BiH risks losing 1.3 Billion BAM due to the CBAM Tax

From the beginning of next year, exporters from Bosnia and Herzegovina will face a special CBAM tax for CO2 emissions at the borders of the European Union. Although sufficient, the domestic authorities have not used the deadline for adopting the necessary regulations. The introduction of the Emissions Trading System and the CO2 Emissions Monitoring, Reporting and Verification Plan is long overdue. This means that, barring a miracle, our exporters will pay the CBAM tax in full to the Brussels budget instead of to the budget of Bosnia and Herzegovina. In this way, by 2030, Bosnia and Herzegovina will lose about 1.3 billion marks.

The failure to adopt these strategic documents, along with exporters of cement, iron and aluminum, will hit electricity exporters the hardest.

“Without these two things, electricity producers do not even have certificates of origin of electricity and we are not interesting for purchase, which may result in the shutdown of a large number of power plants,” warns Almir Mujaković, president of the Association of Renewable Energy Producers.

True, at the last extraordinary session at the end of July, the Council of Ministers adopted the Draft Law on the Regulator, Transmission and Market of Electricity, which finally opens the door to the establishment of an electricity exchange in our country.
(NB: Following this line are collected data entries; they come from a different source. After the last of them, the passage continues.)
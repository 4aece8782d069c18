//! Native functions of strings, once their arguments are read (MQL5 Reference, String Functions).
ghost use Rattle.std.specs.Prelude.{◌≡◌, ◌-◌, length, map, pos, true, false};
ghost use Rattle.fx8.specs.declared.int_kind.IntKind.TheVariants as kind;
ghost use Rattle.mql_meaning.specs.StringFunctions as strings;
ghost use Rattle.mql_meaning.specs.Natives as meaning;
ghost use Rattle.native_arguments.specs.Done.{Computes};

use crate::values::{
    becomes_text, empty, given, given_text, int, minus_one, truth_value, unit, whole,
};
use fx8::{IntKind, ItemList};
use mql_mean::Value;
use mql_meaning::Store;
use native_arguments::{NativeDone, refuses};
use native_strings::{
    count_in, find, lowered, order, order_without_case, part_of, place_in, raised, replace_in,
    trimmed_left, trimmed_right, unit_at, with_unit,
};
use std::alloc::Global;
use store_cells::Fault;

/// How many units a string has (StringLen).
pub(crate) fn length(alloc: Global, text: &[u16], store: &Store) -> Result<NativeDone, Fault>
    ensures { Computes (meaning.gives (meaning.whole (length text.now))) result store.now }
{
    given(alloc, whole(text.len() as u64), store)
}

/// The part of a string from a place on, of so many units (StringSubstr).
#[tactic(auto, using(crate::proofs::Ranges::refused, crate::proofs::Ranges::within))]
pub(crate) fn cut(
    alloc: Global,
    text: &[u16],
    start: i128,
    count: i128,
    store: &Store,
) -> Result<NativeDone, Fault>
    ensures { Computes (meaning.cuts text.now start count) result store.now }
{
    let Some(place) = place_in(start, text.len() as u64) else {
        return Ok(refuses(alloc, empty(alloc)));
    };
    let Some(count) = count_in(count, text.len() as u64 - place) else {
        return Ok(refuses(alloc, empty(alloc)));
    };
    let part = ItemList::from_slice(alloc, part_of(text, place, count))?;
    given_text(alloc, part, store)
}

/// Where a part stands in a string, behind so many units.
#[tactic(auto, using(crate::proofs::Ranges::found, crate::proofs::Ranges::not_found))]
fn found_from(
    alloc: Global,
    text: &[u16],
    part: &[u16],
    place: u64,
    store: &Store,
) -> Result<NativeDone, Fault>
    ensures { Computes (meaning.finds text.now part.now place) result store.now }
{
    match find(part, text, place) {
        Some(at) => given(alloc, whole(at), store),
        None => given(alloc, minus_one(), store),
    }
}

/// Where a part stands in a string, from a place on (StringFind).
#[tactic(auto, using(crate::proofs::Ranges::refused, crate::proofs::Ranges::within))]
pub(crate) fn found(
    alloc: Global,
    text: &[u16],
    part: &[u16],
    start: i128,
    store: &Store,
) -> Result<NativeDone, Fault>
    ensures { Computes (meaning.in_range meaning.minus_one (strings.place_in start (length text.now))
        (meaning.finds text.now part.now)) result store.now }
{
    let Some(place) = place_in(start, text.len() as u64) else {
        return Ok(refuses(alloc, minus_one()));
    };
    found_from(alloc, text, part, place, store)
}

/// A part of a string that is replaced wherever it stands (StringReplace).
pub(crate) fn replaced(
    alloc: Global,
    text: &[u16],
    part: &[u16],
    by: &[u16],
    store: &Store,
) -> Result<NativeDone, Fault>
    ensures { Computes (meaning.replaces text.now part.now by.now) result store.now }
{
    let counted = replace_in(alloc, text, part, by)?;
    becomes_text(alloc, counted.text, whole(counted.count), store)
}

/// A string that loses what a trim takes away (StringTrimLeft, StringTrimRight).
fn trimmed_to(alloc: Global, text: &[u16], rest: &[u16], store: &Store) -> Result<NativeDone, Fault>
    ensures { Computes (meaning.becomes_text rest.now (meaning.whole (length text.now - length rest.now)))
        result store.now }
{
    let lost = (text.len() as u64).saturating_sub(rest.len() as u64);
    let units = ItemList::from_slice(alloc, rest)?;
    becomes_text(alloc, units, whole(lost), store)
}

/// A string without the blanks at its left end (StringTrimLeft).
pub(crate) fn left_trimmed(alloc: Global, text: &[u16], store: &Store) -> Result<NativeDone, Fault>
    ensures { Computes (meaning.trims strings.trimmed_left text.now) result store.now }
{
    trimmed_to(alloc, text, trimmed_left(text), store)
}

/// A string without the blanks at its right end (StringTrimRight).
pub(crate) fn right_trimmed(alloc: Global, text: &[u16], store: &Store) -> Result<NativeDone, Fault>
    ensures { Computes (meaning.trims strings.trimmed_right text.now) result store.now }
{
    trimmed_to(alloc, text, trimmed_right(text), store)
}

/// A string with small letters for its ASCII capitals (StringToLower).
pub(crate) fn to_lower(alloc: Global, text: &[u16], store: &Store) -> Result<NativeDone, Fault>
    ensures { Computes (meaning.becomes_text (map strings.small text.now) (meaning.truth_value true))
        result store.now }
{
    let units = lowered(alloc, text)?;
    becomes_text(alloc, units, truth_value(true), store)
}

/// A string with capitals for its small ASCII letters (StringToUpper).
pub(crate) fn to_upper(alloc: Global, text: &[u16], store: &Store) -> Result<NativeDone, Fault>
    ensures { Computes (meaning.becomes_text (map strings.capital text.now) (meaning.truth_value true))
        result store.now }
{
    let units = raised(alloc, text)?;
    becomes_text(alloc, units, truth_value(true), store)
}

/// A unit of the kind `ushort`.
fn unit_value(unit: u16) -> Value
    ensures { result ≡ Value.Num kind.Ushort (pos unit) }
{
    Value::Num(IntKind::Ushort, unit as i128)
}

/// The unit at a place of a string (StringGetCharacter).
#[tactic(auto, using(crate::proofs::Ranges::refused, crate::proofs::Ranges::within))]
pub(crate) fn character(
    alloc: Global,
    text: &[u16],
    place: i128,
    store: &Store,
) -> Result<NativeDone, Fault>
    ensures { Computes (meaning.in_range (Value.Num kind.Ushort (pos 0)) (meaning.unit_at text.now place)
        (λ u. meaning.gives (Value.Num kind.Ushort (pos u)))) result store.now }
{
    let Some(unit) = unit_at(text, place) else {
        return Ok(refuses(alloc, unit_value(0)));
    };
    given(alloc, unit_value(unit), store)
}

/// A string with another unit at a place, which may be its end (StringSetCharacter).
#[tactic(auto, using(crate::proofs::Ranges::refused, crate::proofs::Ranges::within))]
pub(crate) fn with_character(
    alloc: Global,
    text: &[u16],
    place: i128,
    number: i128,
    store: &Store,
) -> Result<NativeDone, Fault>
    ensures { Computes (meaning.sets_unit text.now place number) result store.now }
{
    let Some(place) = place_in(place, text.len() as u64) else {
        return Ok(refuses(alloc, truth_value(false)));
    };
    let units = with_unit(alloc, text, place, unit(number)?)?;
    becomes_text(alloc, units, truth_value(true), store)
}

/// How two strings compare, with regard to case or without it (StringCompare).
pub(crate) fn compared(
    alloc: Global,
    first: &[u16],
    second: &[u16],
    case: i128,
    store: &Store,
) -> Result<NativeDone, Fault>
    ensures { Computes (meaning.compares_strings first.now second.now case) result store.now }
{
    if case == 0 {
        given(alloc, int(order_without_case(first, second) as i128), store)
    } else {
        given(alloc, int(order(first, second) as i128), store)
    }
}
“But this is only the first step. In order to implement the ‘Emissions Trading System’ (ETS), the exchange must be established and must be integrated into the system of European exchanges,” explains Edhem Bičakčić, an energy expert and honorary president of the Paris-based CIGRA.

However, clean energy producers from micro-plants are also plagued by problems that should not exist. They point out that the Federal Operator for Renewable Energy Sources, despite its legal obligation, does not purchase electricity at guaranteed prices.

“The operator defends itself by arguing that there are no quotas for this. Many of us have also filed lawsuits, which we have won,” Mujaković points out.

The Operator responds that there is no legal basis for purchasing electricity from micro-plants at guaranteed prices, unless they have previously acquired the status of a privileged producer. But let’s get back to the European energy obligations that we have not fulfilled.

“If we had implemented this so far, taxes would have been paid on the production of ‘dirty’ energy, which emits CO2, but it would have gone into the budget of Bosnia and Herzegovina”, emphasizes Bičakčić.

In February this year, the RS government did not support the Roadmap for the establishment of CO2 trading and monitoring, which blocked the adoption of the state plan by the end of the year.

“We call on all decision-makers, institutions of Bosnia and Herzegovina, to take this problem extremely seriously and to establish a trading system, i.e. ETS, as soon as possible, and by the end of the year at the latest”, says Saća Prnjavorac, president of the UP Business Center Jelah-Tešanj.

“It is very depressing because it is not realistic to expect it. Maybe only at the end of next year, if we were to do well, which we are not doing,” says Bičakčić.

Do we still have a chance to fulfill the obligations that correspond to 16 EU directives, as well as the Reform Agenda for the Growth Plan, by the end of the year?

It seems that we do not, because the Ministry of Economy of the RS informed us that, together with the Government of the Federation and the Council of Ministers, they have sent a request to the EU to exempt Bosnia and Herzegovina from the application of the CBAM until 2030. This will hardly happen, and certainly not until 2030.

The Foreign Trade Chamber of Bosnia and Herzegovina warns that due to the failure to adopt the aforementioned regulations on paying the cross-border carbon tax, Bosnia and Herzegovina will lose 1.3 billion marks or one annual budget.